Adıyaman’da AKP Grup Başkan Vekili Mahir Ünal’ın konuşması sırasında “Vallahi açım ben” deyince görevliler tarafından salondan çıkarılan çiftçi Ali Avcı yaşadıklarını ilk defa anlattı. Ali Avcı, “Toplantıda havadan sudan konuşulunca ben de tepkimi dile getirdim. Ben oraya provokasyon için değil, onunla görüşüp derdimi anlatmak için gittim” dedi.

Konuşmalarında ve sosyal medya hesaplarında verilen demeçlerde ‘milletin yanında olduklarını’ dile getiren AKP’li isimler yine şaşırtmadı. Adıyaman’ı ziyaret eden AKP Grup Başkanvekili Mahir Ünal, konuşması sırasında “Vallahi açım ben” diye bağıran çiftçi salondan çıkarılmıştı.. Medyaya yansıyan bu olay sonrasında AKP’li Ünal, esnafın dertlerini dinlediklerini belirterek sosyal medya hesabından, “Adıyaman’ın gönlü geniş, değerli esnafıyla birlikteyiz” paylaşımı yapması dikkat çekti.

SALONDAN ÇIKARILAN ÇİFTÇİ KONUŞTU

Sözcü’den Hakan Kaya’nın haberine göre Çiftçi Ali Avcı şu açıklamalarda bulundu:

“Ben AKP’liyim aynı zamanda sandık görevlisiyim. Bizim toplantı vardı, ben de toplantıya gittim. Ben zannettim ki işsizlik, yoksulluk, pahalılıktan bahsedilecek. Orada devamlı bildiğimiz şeylerden bahsedildi. Boş konulara değinildi. Biz devletimizi, milletimizi seven insanlarız. Ben işsizim. Toplantıda havadan sudan konuşulunca ben de tepkimi dile getirdim. Adıyaman’da büyük bir işsizlik var. Millet dile getirmekten korkuyor. “Ben işsizim, ben açım” dedim. Ben oraya provokasyon için değil, onunla görüşüp derdimi anlatmak için gittim.”

“OĞLUM SEN ÜNİVERSİTEYE GİT BEN DİLENSEM DE SENİ OKUTURUM”
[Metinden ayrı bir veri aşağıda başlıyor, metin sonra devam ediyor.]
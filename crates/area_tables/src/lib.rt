// The area list as rows, and number 9: definitions and laws.
#![tactic(auto)]
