// One pass over the instructions: which registers escape, which are dead, the one def of each instruction, and an edge for each register that an addressed `lea` hands on.
ghost use Rattle.std.specs.Prelude.{◌≡◌, not, ◌&&◌, ◌+◌, ◌*◌, ◌/◌, ◌≤◌, ◌<◌, length, ltb};
ghost use Rattle.words.specs.Widths.{inst_count, inst_operands, operand_count};
ghost use Rattle.words.specs.Regions.{row_words};
ghost use Rattle.carrying.specs.Insts.{insts_of, is_set, address_position, each_address, def_of};
ghost use Rattle.insts.specs.Inner.{operand_at, operands_from};
ghost use Rattle.insts.specs.Rows.{AddsUp};
ghost use Rattle.operands.specs.Inner.{def_number, addressing};
ghost use Rattle.reach.specs.Inner.{Marked, Linked, escapes_in, hands_in, row_of, stray_reader, Handing, Added, Blank, Scanning};

use crate::Lay;
use words::widths::{inst, operand};
use words::{HALF, wide};

// Whether operand `i`, at position `p`, uses a numbered register other than as the base or the index.
fn strays(operands: &[u32], i: usize, p: usize, v: u32, mem: u32, base: u32, index: u32) -> bool
    requires { i < operand_count operands.now }
    ensures { result ≡ (not (is_set (operand_at operands.now i).def) &&
        (ltb (operand_at operands.now i).register v && not (is_set mem && address_position (addressing base index) p))) }
{
    if operands[operand::WIDTH * i] == 1 {
        return false;
    }
    if v <= operands[operand::WIDTH * i + operand::REGISTER] {
        return false;
    }
    if mem != 1 {
        return true;
    }
    !operands::part(p, base, index)
}

// Sets the bit of each numbered register that one of `n` operands from `from` on uses other than as the base or the index.
fn escape(
    operands: &[u32],
    from: usize,
    n: usize,
    v: u32,
    mem: u32,
    base: u32,
    index: u32,
    work: &mut [u64],
    row: usize,
)
    requires { (from + n ≤ operand_count operands.now) × (row + row_words v ≤ length work.old) }
    ensures { Marked work.old work.new row v (escapes_in mem base index (operands_from operands.now from n)) }
{
    for p in 0..n {
        if strays(operands, from + p, p, v, mem, base, index) {
            let r = wide(operands[operand::WIDTH * (from + p) + operand::REGISTER]);
            bits::set(work, row, r);
        }
    }
}

// Whether operand `p` of the `n` from `from` on is the base or the index, of a numbered register of which each use is one of the two.
fn handed(operands: &[u32], from: usize, n: usize, p: usize, v: u32, base: u32, index: u32) -> bool
    requires { (from + n ≤ operand_count operands.now) × (p < n) }
    ensures { result ≡ (not (is_set (operand_at operands.now (from + p)).def) &&
        (ltb (operand_at operands.now (from + p)).register v &&
        (address_position (addressing base index) p && each_address (addressing base index) (operand_at operands.now (from + p)).register 0
        (operands_from operands.now from n)))) }
{
    let i = from + p;
    if operands[operand::WIDTH * i] == 1 {
        return false;
    }
    let r = operands[operand::WIDTH * i + operand::REGISTER];
    if v <= r {
        return false;
    }
    if operands::part(p, base, index) {
        return operands::addressed(operands, from, n, r, base, index);
    }
    false
}

// Sets the bit of each register that is handed.
fn stick(
    operands: &[u32],
    from: usize,
    n: usize,
    v: u32,
    base: u32,
    index: u32,
    work: &mut [u64],
    row: usize,
)
    requires { (from + n ≤ operand_count operands.now) × (row + row_words v ≤ length work.old) }
    ensures { Marked work.old work.new row v (hands_in base index (operands_from operands.now from n)) }
{
    for p in 0..n {
        if handed(operands, from, n, p, v, base, index) {
            let r = wide(operands[operand::WIDTH * (from + p) + operand::REGISTER]);
            bits::set(work, row, r);
        }
    }
}

// Appends the key of each register that is handed by instruction `inst` to the `count` keys from `at` on.
fn link(
    operands: &[u32],
    from: usize,
    n: usize,
    v: u32,
    base: u32,
    index: u32,
    inst: usize,
    work: &mut [u64],
    at: usize,
    count: usize,
) -> usize
    requires { (from + n ≤ operand_count operands.now) × (at + count + n ≤ length work.old) × (inst < 65536) × (v ≤ 65535) }
    ensures { Linked work.old work.new at v inst n count result (hands_in base index (operands_from operands.now from n)) }
{
    let mut k = count;
    for p in 0..n {
        if handed(operands, from, n, p, v, base, index) {
            let r = operands[operand::WIDTH * (from + p) + operand::REGISTER] as u64;
            work[at + k] = r * HALF + inst as u64;
            k += 1;
        }
    }
    k
}

// Sets the bit of each register that escapes through instruction `i`, whose `n` operands begin at `from`.
fn escapes(
    insts: &[u32],
    operands: &[u32],
    i: usize,
    from: usize,
    n: usize,
    v: u32,
    work: &mut [u64],
    row: usize,
)
    requires { (i < inst_count insts.now) × (n ≡ inst_operands insts.now i) × (from + n ≤ operand_count operands.now) × (row + row_words v ≤ length work.old) }
    ensures { Marked work.old work.new row v (stray_reader (row_of insts.now operands.now i from)) }
{
    if inst_flags::unplaced(insts, i) {
        return;
    }
    let at = inst::WIDTH * i;
    escape(
        operands,
        from,
        n,
        v,
        insts[at + inst::MEM],
        insts[at + inst::BASE],
        insts[at + inst::INDEX],
        work,
        row,
    );
}

// Puts down what instruction `i`, with its one def `def` or none, hands on: an edge for each register, or without a def that the register is dead.
fn hand(
    insts: &[u32],
    operands: &[u32],
    i: usize,
    from: usize,
    n: usize,
    v: u32,
    def: u32,
    work: &mut [u64],
    lay: Lay,
    count: usize,
) -> usize
    requires i_bound { (i < inst_count insts.now) × (n ≡ inst_operands insts.now i) × (from + n ≤ operand_count operands.now) × (i < 65536) × (v ≤ 65535) }
    requires v_bound { (lay.dead + row_words v ≤ lay.edges) × (lay.edges + count + n ≤ length work.old) }
    requires def_value { def ≡ def_number (def_of v (row_of insts.now operands.now i from)) }
    ensures { Handing work.old work.new lay v (row_of insts.now operands.now i from) i (inst_operands insts.now i) count result }
{
    if inst_flags::handing(insts, i) {
        let at = inst::WIDTH * i;
        let base = insts[at + inst::BASE];
        let index = insts[at + inst::INDEX];
        if def == 0 {
            stick(operands, from, n, v, base, index, work, lay.dead);
            return count;
        }
        return link(operands, from, n, v, base, index, i, work, lay.edges, count);
    }
    count
}

// Instruction `i`: its one def, the registers that escape through it, and what it hands on.
fn one(
    insts: &[u32],
    operands: &[u32],
    i: usize,
    from: usize,
    v: u32,
    work: &mut [u64],
    lay: Lay,
    count: usize,
) -> usize
    requires i_bound { (i < inst_count insts.now) × (from + inst_operands insts.now i ≤ operand_count operands.now) × (i < 65536) × (v ≤ 65535) }
    requires v_bound { (lay.escapes + row_words v ≤ lay.dead) × (lay.dead + row_words v ≤ lay.defs) × (lay.defs + i < lay.edges)
        × (lay.edges + count + inst_operands insts.now i ≤ length work.old) }
    ensures { Added work.old work.new lay v (row_of insts.now operands.now i from) i (inst_operands insts.now i) count result }
{
    let n = wide(insts[inst::WIDTH * i + inst::OPERANDS]);
    let def = operands::def(operands, from, n, v);
    let defs = lay.defs;
    work[defs + i] = def as u64;
    escapes(insts, operands, i, from, n, v, work, lay.escapes);
    hand(insts, operands, i, from, n, v, def, work, lay, count)
}

// The pass over all instructions; how many edges there are.
pub fn scan(insts: &[u32], operands: &[u32], v: u32, work: &mut [u64], lay: Lay) -> usize
    requires adds_up { AddsUp insts.now operands.now × (inst_count insts.now ≤ 65536) × (v ≤ 65535) × Blank v lay work.old }
    requires v_bound { (lay.escapes + row_words v ≤ lay.dead) × (lay.dead + row_words v ≤ lay.defs) × (lay.defs + inst_count insts.now ≤ lay.edges)
        × (lay.edges + operand_count operands.now ≤ lay.heads) × (lay.heads ≤ length work.old) }
    ensures { Scanning v (insts_of insts.now operands.now) insts.now lay work.old work.new (inst_count insts.now) result }
{
    let m = insts.len() / inst::WIDTH;
    let mut count = 0;
    let mut from = 0;
    for i in 0..m {
        count = one(insts, operands, i, from, v, work, lay, count);
        from += wide(insts[inst::WIDTH * i + inst::OPERANDS]);
    }
    count
}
“Adıyaman’ın Gölpınar köyünden 5 sene önce merkeze taşındım. İş bulamayınca hazine arazisine çiftlik kurdum. Ziraat Bankası’ndan 100 bin TL kredi çektim, koyun aldım. Üçüncü çevre yolu araziye denk gelince yıktılar çiftliğimi. Koyunlarımı borçlarım yüzünden zararına satmak zorunda kaldım. Belediyeye gittim durumumu anlattım. ‘Benim masrafımı verin’ dedim. Bana sadece 3 bin TL’ye yakın bir para verdiler. Oysa ben hayvanlarımı sattım en az 50 bin lira zarar ettim. Çiftliğim gitti, işsiz kaldım. Çocuklarımdan biri de askere gidecek.”

Üniversiteyi kazanan bir oğlum vardı. Turizm ve otelcilik bölümünü kazanmıştı, üniversiteye gidecekti. ‘Oğlum sen üniversiteye devam et, ben dilensem de seni okuturum’ dedim. O da bana, ‘Baba sen işsizsin, evde çalışan yok. Ben de okursam aç kalırız’ dedi. Ben gittim muhtarlıktan fakirlik kağıdı aldım, bu sene üniversiteyi okumasını erteledim. Oğlum gençlerin oynadığı oyun salonunda çalışıyor. Onun verdiği günlük 50 lirayla geçiniyorum. Biz derdimizi kime anlatalım?”